Doctoral Graduate, National Centre for Suicide Research and Prevention of Mental Ill-Health, Karolinska Institute and Stockholm County Council's Centre for Suicide Research and Prevention, Stockholm, Sweden.
Professor, Department of Sociology, Uppsala University, Uppsala, Sweden; Professor, Stockholm Centre on Health of Societies in Transition, School of Social Sciences, Södertörn University, Södertörn, Sweden.
Professor, National Centre for Suicide Research and Prevention of Mental Ill-Health, Karolinska Institute and Stockholm County Council's Centre for Suicide Research and Prevention, Stockholm, Sweden; Head of World Health Organization Lead Collaborating Centre of Mental Health Problems and Suicide across Europe, Stockholm, Sweden.
Professor, Feinberg Child Study Center and the Department of Child and Adolescent Psychiatry, Schneider Children Medical Center, Petah-Tikva, Israel.
Professor, Department of Clinical Psychology, Vrije Universiteit, Amsterdam, the Netherlands.
Professor, University Psychiatric Services, Bern, Switzerland.
Professor, Department of Clinical Sciences, Division of Psychiatry, Umeå University, Umeå, Sweden.
Professor, University Department of Psychiatry and Medical Psychology, Unit for Suicide Research, University Hospital, Gent, Belgium.
Professor, Estonian-Swedish Mental Health and Suicidology Institute, Tallinn, Estonia; Professor, Tallinn University, Tallinn, Estonia.
Professor, Unit for Clinical Psychology, Department of Psychiatry and Psychotherapy, University of Würzburg, Würzburg, Germany.



To compare frequencies of suicide attempt repetition in immigrants and local European populations, and the timing of repetition in these groups.


Data from 7 European countries, comprising 10 574 local and 3032 immigrant subjects, were taken from the World Health Organization European Multicentre Study on Suicidal Behaviour and the ensuing Monitoring Suicidal Behaviour in Europe (commonly referred to as MONSUE) project. The relation between immigrant status and repetition of suicide attempt within 12-months following first registered attempt was analyzed with binary logistic regression, controlling for sex, age, and method of attempt. Timing of repetition was controlled for sex, age, and the recommended type of aftercare.

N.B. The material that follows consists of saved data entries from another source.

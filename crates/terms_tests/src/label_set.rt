//! Sets of labels by name.
use lotos_listing::LabelFlags;
use lotos_text::Name;
use std::alloc::{AllocError, Global};

/// The labels with these names, or all others. Termination is named `exit`, and the internal action `i`.
#[derive(Clone, Copy)]
pub struct LabelSet {
    pub names: &'static [&'static str],
    pub is_complement: bool,
}

impl LabelSet {
    /// Whether the set has the label with this name.
    pub fn contains(&self, name: &str) -> bool {
        is_named(self.names, name) != self.is_complement
    }

    /// The set as flags of the gates with these names.
    pub fn flags(&self, alloc: Global, gates: &[Name]) -> Result<LabelFlags, AllocError> {
        let flags = self.gate_flags(alloc, gates)?;
        Ok(LabelFlags {
            gates: flags,
            others: self.is_complement,
            exit: self.contains("exit"),
            internal: self.contains("i"),
        })
    }

    /// The flags of the gates up to the last one that is named.
    fn gate_flags(&self, alloc: Global, gates: &[Name]) -> Result<Vec<bool>, AllocError> {
        let count = self.count_to_last_named(gates);
        let mut flags = Vec::new(alloc);
        for (number, gate) in gates.iter().enumerate() {
            if number < count {
                flags.push(self.contains(gate.text()))?;
            }
        }
        Ok(flags)
    }

    /// The number of gates up to the last one that is named.
    fn count_to_last_named(&self, gates: &[Name]) -> usize {
        let mut count: usize = 0;
        for (number, gate) in gates.iter().enumerate() {
            if is_named(self.names, gate.text()) {
                count = number.saturating_add(1);
            }
        }
        count
    }
}

/// Whether the name is among these.
pub fn is_named(names: &[&str], name: &str) -> bool {
    for one in names {
        if *one == name {
            return true;
        }
    }
    false
}
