// A header's values from a file's bytes.
ghost use Rattle.std.specs.Prelude.{◌≡◌, ◌+◌, ◌≤◌, eqb, length};
ghost use Rattle.std.specs.List.{list_all};
ghost use Rattle.dsp_header.specs.Big.{big};
ghost use Rattle.dsp_header.specs.Header.{header_size, coefficients_at, context_at, padding_of, header_of};

use crate::DspHeader;
use crate::big::{long, word};
use adpcm::AdpcmContext;

// Sixteen signed numbers from o on.
fn coefficients(d: &[u8], o: usize) -> [i16; 16]
    requires { o + 32 ≤ length d.now }
    ensures { result ≡ coefficients_at d.now o }
{
    let mut c = [0; 16];
    for k in 0..16 {
        c[k] = word(d, o + k * 2).cast_signed();
    }
    c
}

// A frame's header and the two samples before it, from o on.
fn context(d: &[u8], o: usize) -> AdpcmContext
    requires { o + 6 ≤ length d.now }
    ensures { result ≡ context_at d.now o }
{
    AdpcmContext {
        pred_scale: word(d, o),
        history0: word(d, o + 2).cast_signed(),
        history1: word(d, o + 4).cast_signed(),
    }
}

// The header that a file begins with.
pub fn read_header(file: &[u8]) -> DspHeader
    requires { header_size ≤ length file.now }
    ensures { result ≡ header_of file.now }
{
    DspHeader {
        samples: long(file, 0x00),
        nibbles: long(file, 0x04),
        rate: long(file, 0x08),
        loop_flag: word(file, 0x0c),
        format: word(file, 0x0e),
        loop_start: long(file, 0x10),
        loop_end: long(file, 0x14),
        address: long(file, 0x18),
        coefficients: coefficients(file, 0x1c),
        gain: word(file, 0x3c),
        start_context: context(file, 0x3e),
        loop_context: context(file, 0x44),
    }
}

// Whether all bytes are 0.
fn all_zero(bytes: &[u8]) -> bool
    ensures { result ≡ list_all (λ b. eqb b 0) bytes.now }
{
    bytes.iter().all(|b| *b == 0)
}

// Whether the padding behind the values, 22 bytes, is 0.
pub fn padding_is_zero(file: &[u8]) -> bool
    requires { header_size ≤ length file.now }
    ensures { result ≡ eqb (padding_of file.now) 0 }
{
    all_zero(&file[0x4a..0x60])
}
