// A header's bytes.
ghost use Rattle.std.specs.Prelude.{◌≡◌, ◌+◌, ◌≤◌, length};
ghost use Rattle.rows.specs.Rows.{put};
ghost use Rattle.dsp_header.specs.Header.{header_size, coefficient_bytes, context_bytes, three_bytes, front_bytes, back_bytes, header_bytes};

use crate::DspHeader;
use adpcm::AdpcmContext;
use rows::{copy_in, fill};

// Sixteen signed numbers, in place of the bytes from o on.
fn put_coefficients(c: [i16; 16], out: &mut [u8], o: usize)
    requires { o + 32 ≤ length out.old }
    ensures { out.new ≡ put out.old o (coefficient_bytes c) }
{
    for k in 0..16 {
        copy_in(out, o + k * 2, &c[k].to_be_bytes());
    }
}

// A frame's header and the two samples before it, in place of the bytes from o on.
fn put_context(x: AdpcmContext, out: &mut [u8], o: usize)
    requires { o + 6 ≤ length out.old }
    ensures { out.new ≡ put out.old o (context_bytes x) }
{
    copy_in(out, o, &x.pred_scale.to_be_bytes());
    copy_in(out, o + 2, &x.history0.to_be_bytes());
    copy_in(out, o + 4, &x.history1.to_be_bytes());
}

// Three numbers of four bytes, in place of those from o on.
fn put_three(a: u32, b: u32, c: u32, out: &mut [u8], o: usize)
    requires { o + 12 ≤ length out.old }
    ensures { out.new ≡ put out.old o (three_bytes a b c) }
{
    copy_in(out, o, &a.to_be_bytes());
    copy_in(out, o + 4, &b.to_be_bytes());
    copy_in(out, o + 8, &c.to_be_bytes());
}

// The values up to the coefficients, in place of the first bytes.
fn put_front(h: DspHeader, out: &mut [u8])
    requires { header_size ≤ length out.old }
    ensures { out.new ≡ put out.old 0 (front_bytes h) }
{
    put_three(h.samples, h.nibbles, h.rate, out, 0x00);
    copy_in(out, 0x0c, &h.loop_flag.to_be_bytes());
    copy_in(out, 0x0e, &h.format.to_be_bytes());
    put_three(h.loop_start, h.loop_end, h.address, out, 0x10);
}

// The values from the coefficients on, and zeros for padding, in place of the bytes behind the others.
fn put_back(h: DspHeader, out: &mut [u8])
    requires { header_size ≤ length out.old }
    ensures { out.new ≡ put out.old 0x1c (back_bytes h) }
{
    put_coefficients(h.coefficients, out, 0x1c);
    copy_in(out, 0x3c, &h.gain.to_be_bytes());
    put_context(h.start_context, out, 0x3e);
    put_context(h.loop_context, out, 0x44);
    fill(out, 0x4a, 22, 0);
}

// A header, with zeros for padding, in place of the first bytes.
pub fn put_header(h: DspHeader, out: &mut [u8])
    requires { header_size ≤ length out.old }
    ensures { out.new ≡ put out.old 0 (header_bytes h) }
{
    put_front(h, out);
    put_back(h, out);
}
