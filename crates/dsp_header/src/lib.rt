// The header of a DSP file, 96 bytes, big-endian: read from bytes and written to them.
#![tactic(auto)]

mod big;
mod read;
mod write;

ghost use Rattle.std.specs.Prelude.{◌≡◌};

use adpcm::AdpcmContext;
pub use read::{padding_is_zero, read_header};
pub use write::put_header;

// The bytes that a header takes; a file's data begins there.
pub const HEADER_BYTES: usize = 96;

// The values of a header, in the file's sequence. The padding behind them is no value.
#[derive(Clone, Copy, Default)]
pub struct DspHeader {
    pub samples: u32,
    pub nibbles: u32,
    pub rate: u32,
    pub loop_flag: u16,
    pub format: u16,
    pub loop_start: u32,
    pub loop_end: u32,
    pub address: u32,
    pub coefficients: [i16; 16],
    pub gain: u16,
    // The first frame's header, with the two samples before the first, the later first.
    pub start_context: AdpcmContext,
    // The same for the loop's start.
    pub loop_context: AdpcmContext,
}
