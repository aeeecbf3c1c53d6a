// Big-endian numbers of a slice of bytes.
ghost use Rattle.std.specs.Prelude.{◌≡◌, ◌+◌, ◌≤◌, length};
ghost use Rattle.dsp_header.specs.Big.{big};

// The number that two bytes are, the higher first.
pub fn word(d: &[u8], o: usize) -> u16
    requires { o + 2 ≤ length d.now }
    ensures { result ≡ big 2 d.now o }
{
    u16::from_be_bytes([d[o], d[o + 1]])
}

// The number that four bytes are, the highest first.
pub fn long(d: &[u8], o: usize) -> u32
    requires { o + 4 ≤ length d.now }
    ensures { result ≡ big 4 d.now o }
{
    u32::from_be_bytes([d[o], d[o + 1], d[o + 2], d[o + 3]])
}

Lower odds of repeating a suicide attempt were found in Eastern European (OR 0.50; 95% CI 0.41 to 0.61, P < 0.001) and non-European immigrants (OR 0.68; 95% CI 0.51 to 0.90, P < 0.05), compared with the locals. Similar patterns were identified in the sex-specific analysis. Eastern European immigrants tended to repeat their attempt much later than locals (OR 0.58; 95% CI 0.35 to 0.93, P < 0.05). In general, 32% of all repetition occurred within 30 days. Repetition tended to decrease with age and was more likely in females using harder methods in their index attempt (OR 1.29; 95% CI 1.08 to 1.54, P < 0.01). Large variations in the general repetition frequency were identified between the collecting centres, thus influencing the results.


The lower repetition frequencies in non-Western immigrants, compared with locals, in Europe stands in contrast to their markedly higher tendency to attempt suicide in general, possibly pointing to situational stress factors related to their suicidal crisis that are less persistent over time. Our findings also raise the possibility that suicide attempters and repeaters constitute only partially overlapping populations.